Python regius ist im Washingtoner Artenschutzübereinkommen in Anhang II und innerhalb der Europäischen Union in Anhang B geführt. Die rechtmäßige Herkunft muss daher durch geeignete Unterlagen nachvollziehbar sein; der Herkunftsnachweis sollte dauerhaft beim Tier verbleiben und bei einer Weitergabe mitgegeben werden. In Deutschland zählt der Königspython zu den in Anlage 5 der Bundesartenschutzverordnung genannten Arten und ist damit von der privaten Bestandsanzeige nach § 7 Absatz 2 ausgenommen. Die Nachweispflichten bleiben davon unberührt. Zusätzlich können landes- oder kommunalrechtliche Vorgaben gelten, weshalb die örtlich zuständige Behörde bei Zweifeln vor der Anschaffung befragt werden sollte.
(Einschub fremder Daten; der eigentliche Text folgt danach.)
//! Runs the program with its arguments.

ghost use Rattle.std.specs.Prelude.{◌≡◌, ◌≤◌, None, Some, IfSome, true, false};
ghost use Rattle.std.specs.Io.Buffered.{writer_inner, writer_contents};
ghost use Rattle.std.specs.Io.KnownBytes.{Appends};
ghost use Rattle.regalloc2_tool.specs.Ra2.Words.{command_of};
ghost use Rattle.regalloc2_tool.specs.Ra2.Outcome.{HasOutcome};

use super::judging::{judge, show};
use super::reading::{function_from, replay_from};
use super::task::{Command, Task};
use std::alloc::{Allocator, Global};
use std::io::{BufWriter, Read, Write};

/// Status of invalid arguments, of invalid input, and of output that can't be written.
pub const UNUSABLE: u8 = 2;

/// Status of a rejected function, and of an output with errors.
const REFUSED: u8 = 1;

/// Reports invalid arguments, and returns the status.
pub fn refuse_words<E: Write>(err: &mut E) -> u8
    ensures { result ≡ 2 }
{
    let _ = writeln!(err, "ra2: bad words");
    UNUSABLE
}

/// Performs `task` with the function that `input` gives. Returns whether it succeeded.
///
/// Returns `None` after a failed write, or if there is no function, which a line on `err` then reports.
fn allocate<A: Allocator + Copy, R: Read + Drop, O: Write, E: Write>(
    global: Global,
    alloc: A,
    task: Task,
    input: R,
    out: &mut O,
    err: &mut E,
) -> Option<bool>
    ensures { IfSome result (HasOutcome A (R.remaining input) (Command.Allocate task) (Appends (O.contents out.old) (O.contents out.new))) }
{
    let f = match function_from(global, alloc, input) {
        Ok(f) => f,
        Err(error) => {
            let _ = writeln!(err, "ra2: {error}");
            return None;
        }
    };
    show(alloc, task, &f, f.machine_env(), out).ok()
}

/// Checks the output that `input` gives with its function. Returns whether it is accepted.
///
/// Returns `None` after a failed write, or if there is no output, which a line on `err` then reports.
fn replay<A: Allocator + Copy, R: Read + Drop, O: Write, E: Write>(
    global: Global,
    alloc: A,
    input: R,
    out: &mut O,
    err: &mut E,
) -> Option<bool>
    ensures { IfSome result (HasOutcome A (R.remaining input) Command.Replay (Appends (O.contents out.old) (O.contents out.new))) }
{
    let (f, output) = match replay_from(global, alloc, input) {
        Ok(given) => given,
        Err(error) => {
            let _ = writeln!(err, "ra2: {error}");
            return None;
        }
    };
    judge(alloc, &f, f.machine_env(), &output, out).ok()
}

/// Performs `command` with `input`, as [`allocate`] and [`replay`] do.
fn obey<A: Allocator + Copy, R: Read + Drop, O: Write, E: Write>(
    global: Global,
    alloc: A,
    command: Command,
    input: R,
    out: &mut O,
    err: &mut E,
) -> Option<bool>
    ensures { IfSome result (HasOutcome A (R.remaining input) command (Appends (O.contents out.old) (O.contents out.new))) }
{
    match command {
        Command::Allocate(task) => allocate(global, alloc, task, input, out, err),
        Command::Replay => replay(global, alloc, input, out, err),
    }
}

/// Performs `command` with `input`, and returns the status. If the status is 0 or 1, the buffer has been flushed.
fn perform<A: Allocator + Copy, R: Read + Drop, O: Write + Drop, E: Write>(
    global: Global,
    alloc: A,
    command: Command,
    input: R,
    out: &mut BufWriter<O>,
    err: &mut E,
) -> u8
    ensures status { result ≤ 2 }
    ensures done { result ≡ 0 → HasOutcome A (R.remaining input) command (Appends (writer_contents O.contents out.old)
        (O.contents (writer_inner out.new))) true }
    ensures turned_down { result ≡ 1 → HasOutcome A (R.remaining input) command (Appends (writer_contents O.contents out.old)
        (O.contents (writer_inner out.new))) false }
{
    let Some(accepted) = obey(global, alloc, command, input, out, err) else {
        return UNUSABLE;
    };
    let Ok(()) = out.flush() else {
        return UNUSABLE;
    };
    if accepted { 0 } else { REFUSED }
}

/// Runs the program with its arguments: reads `input`, writes to `out` and `err`, and returns the
/// status, and the writer behind `out`.
///
/// The input is the JSON text of a stored function. `run` tests the function, allocates registers
/// to it, and writes its listing, or `refused` and the error's number; `check` also checks the
/// output, and then writes `checked` or the errors in it. For `replay` the input is an array of
/// exactly a stored function and a stored output; it writes `checked` or the errors in that output.
///
/// The status is 0 on success; 1 if the function is rejected or an error is found; or 2, with one
/// line on `err`, if the arguments, the input, the stored numbers or the machine are invalid,
/// tested in this order. `replay` tests the arguments, the input, the function's numbers, the
/// output's numbers, and whether the function is structurally valid (`IsFramed`). A failed write to
/// `out` ends the program with 2 and no further text.
///
/// `serde_json` allocates from `global`, since it supports no other allocator; all else allocates
/// from `alloc`.
pub fn run_program<A: Allocator + Copy, R: Read + Drop, O: Write + Drop, E: Write>(
    global: Global,
    alloc: A,
    words: &[String],
    input: R,
    mut out: BufWriter<O>,
    err: &mut E,
) -> (u8, O)
    ensures status { result.0 ≤ 2 }
    ensures bad_words { command_of words.now ≡ None → result.0 ≡ 2 }
    ensures done { result.0 ≡ 0 → (c : Command) × (command_of words.now ≡ Some c)
        × HasOutcome A (R.remaining input) c (Appends (writer_contents O.contents out) (O.contents result.1)) true }
    ensures turned_down { result.0 ≡ 1 → (c : Command) × (command_of words.now ≡ Some c)
        × HasOutcome A (R.remaining input) c (Appends (writer_contents O.contents out) (O.contents result.1)) false }
{
    let Some(command) = Command::of(words) else {
        let (untouched, _) = out.into_parts();
        return (refuse_words(err), untouched);
    };
    let status = perform(global, alloc, command, input, &mut out, err);
    // a dropped buffer would write again what a failed write left in it
    let (written, _) = out.into_parts();
    (status, written)
}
Risiken und sicherer Umgang

Der Königspython ist nicht giftig, kann sich bei Bedrängung jedoch verteidigen und schmerzhaft beißen. Beim Hantieren wird der gesamte Körper ruhig unterstützt; am Kopf oder Schwanz darf das Tier nicht festgehalten werden. Kleine Kinder sollten niemals unbeaufsichtigt mit der Schlange umgehen. Heiztechnik und Lampen benötigen stabile Schutzkörbe, weil Königspythons kräftig klettern und sich um ungesicherte Bauteile legen können. Nach Kontakt mit Tier, Bodengrund, Wasser oder Futtertieren sind die Hände gründlich zu waschen. Terrarienzubehör gehört aus hygienischen Gründen nicht in Bereiche der Lebensmittelzubereitung.

Nice-to-Know

GHI Clown ist eine Handels- und Zuchtbezeichnung, keine taxonomische Einheit. GHI steht in der Terraristik für eine dunkler wirkende Farb- und Zeichnungsmorphe mit kräftigen Braun-, Schwarz- und Goldtönen. Clown reduziert und ordnet die seitliche Zeichnung neu und ist häufig an einer markanten Kopfzeichnung sowie einem betonten Rückenband beteiligt. In der Kombination können sehr dunkle Kontraste und klar abgegrenzte Muster entstehen; das tatsächliche Erscheinungsbild bleibt individuell. Aus einem Foto oder dem Handelsnamen allein lässt sich die genetische Ausstattung nicht zweifelsfrei bestätigen. Für Zuchtabsichten sind deshalb Angaben zur Verpaarung und Dokumente des Zuchtbetriebs entscheidend.